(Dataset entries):

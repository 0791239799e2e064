//! What a run's settings are to the program, and the comparison of digests.
use bfs_replay::{
    Failure, Outcome, SettingsError, compare, default_settings, parse_settings, population_of,
};
use bfs_testing::same;
use std::test::Fail;

#[test]
fn a_trace_names_those_of_the_settings(rt: HostRuntime) -> Result<(), Fail> {
    let population = population_of(&default_settings(rt.alloc())?);
    same!(rt; (population.clients(), population.replicas()), (16, 1));
    let settings = parse_settings(rt.alloc(), b"f = 10\nclients = 1024\n")?;
    let population = population_of(&settings);
    same!(rt; (population.clients(), population.replicas()), (1_024, 31));
    Ok(())
}

#[test]
fn bad_settings_end_the_program(rt: HostRuntime) -> Result<(), Fail> {
    let failure = Failure::from(SettingsError::BadSettings);
    same!(rt; failure.status(), 2);
    same!(rt; format!(in rt.alloc(); "{failure}")?.as_str(), "bad configuration");
    same!(rt; Failure::from(SettingsError::Memory), Failure::Memory);
    Ok(())
}

#[test]
fn replicas_with_one_digest_agree(rt: HostRuntime) -> Result<(), Fail> {
    same!(rt; compare(&[]), Outcome::Agree);
    same!(rt; compare(&[[7; 32]]), Outcome::Agree);
    same!(rt; compare(&[[7; 32], [7; 32], [7; 32]]), Outcome::Agree);
    same!(rt; Outcome::Agree.failure(), None);
    Ok(())
}

#[test]
fn replicas_with_two_digests_differ(rt: HostRuntime) -> Result<(), Fail> {
    let mut other = [7; 32];
    other[31] = 8;
    same!(rt; compare(&[[7; 32], other]), Outcome::Differ);
    same!(rt; compare(&[[7; 32], [7; 32], other]), Outcome::Differ);
    let failure = Outcome::Differ.failure().ok_or("no failure")?;
    same!(rt; failure.status(), 1);
    same!(rt; format!(in rt.alloc(); "{failure}")?.as_str(), "replicas differ");
    Ok(())
}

(Exercise aim): Write each record above out again exactly as it reads.

(Problem solution):
repository 0791239799e2e064
//! What a run's settings are to the program, and the comparison of digests.
use bfs_replay::{
    Failure, Outcome, SettingsError, compare, default_settings, parse_settings, population_of,
};
use bfs_testing::same;
use std::test::Fail;

#[test]
fn a_trace_names_those_of_the_settings(rt: HostRuntime) -> Result<(), Fail> {
    let population = population_of(&default_settings(rt.alloc())?);
    same!(rt; (population.clients(), population.replicas()), (16, 1));
    let settings = parse_settings(rt.alloc(), b"f = 10\nclients = 1024\n")?;
    let population = population_of(&settings);
    same!(rt; (population.clients(), population.replicas()), (1_024, 31));
    Ok(())
}

#[test]
fn bad_settings_end_the_program(rt: HostRuntime) -> Result<(), Fail> {
    let failure = Failure::from(SettingsError::BadSettings);
    same!(rt; failure.status(), 2);
    same!(rt; format!(in rt.alloc(); "{failure}")?.as_str(), "bad configuration");
    same!(rt; Failure::from(SettingsError::Memory), Failure::Memory);
    Ok(())
}

#[test]
fn replicas_with_one_digest_agree(rt: HostRuntime) -> Result<(), Fail> {
    same!(rt; compare(&[]), Outcome::Agree);
    same!(rt; compare(&[[7; 32]]), Outcome::Agree);
    same!(rt; compare(&[[7; 32], [7; 32], [7; 32]]), Outcome::Agree);
    same!(rt; Outcome::Agree.failure(), None);
    Ok(())
}

#[test]
fn replicas_with_two_digests_differ(rt: HostRuntime) -> Result<(), Fail> {
    let mut other = [7; 32];
    other[31] = 8;
    same!(rt; compare(&[[7; 32], other]), Outcome::Differ);
    same!(rt; compare(&[[7; 32], [7; 32], other]), Outcome::Differ);
    let failure = Outcome::Differ.failure().ok_or("no failure")?;
    same!(rt; failure.status(), 1);
    same!(rt; format!(in rt.alloc(); "{failure}")?.as_str(), "replicas differ");
    Ok(())
}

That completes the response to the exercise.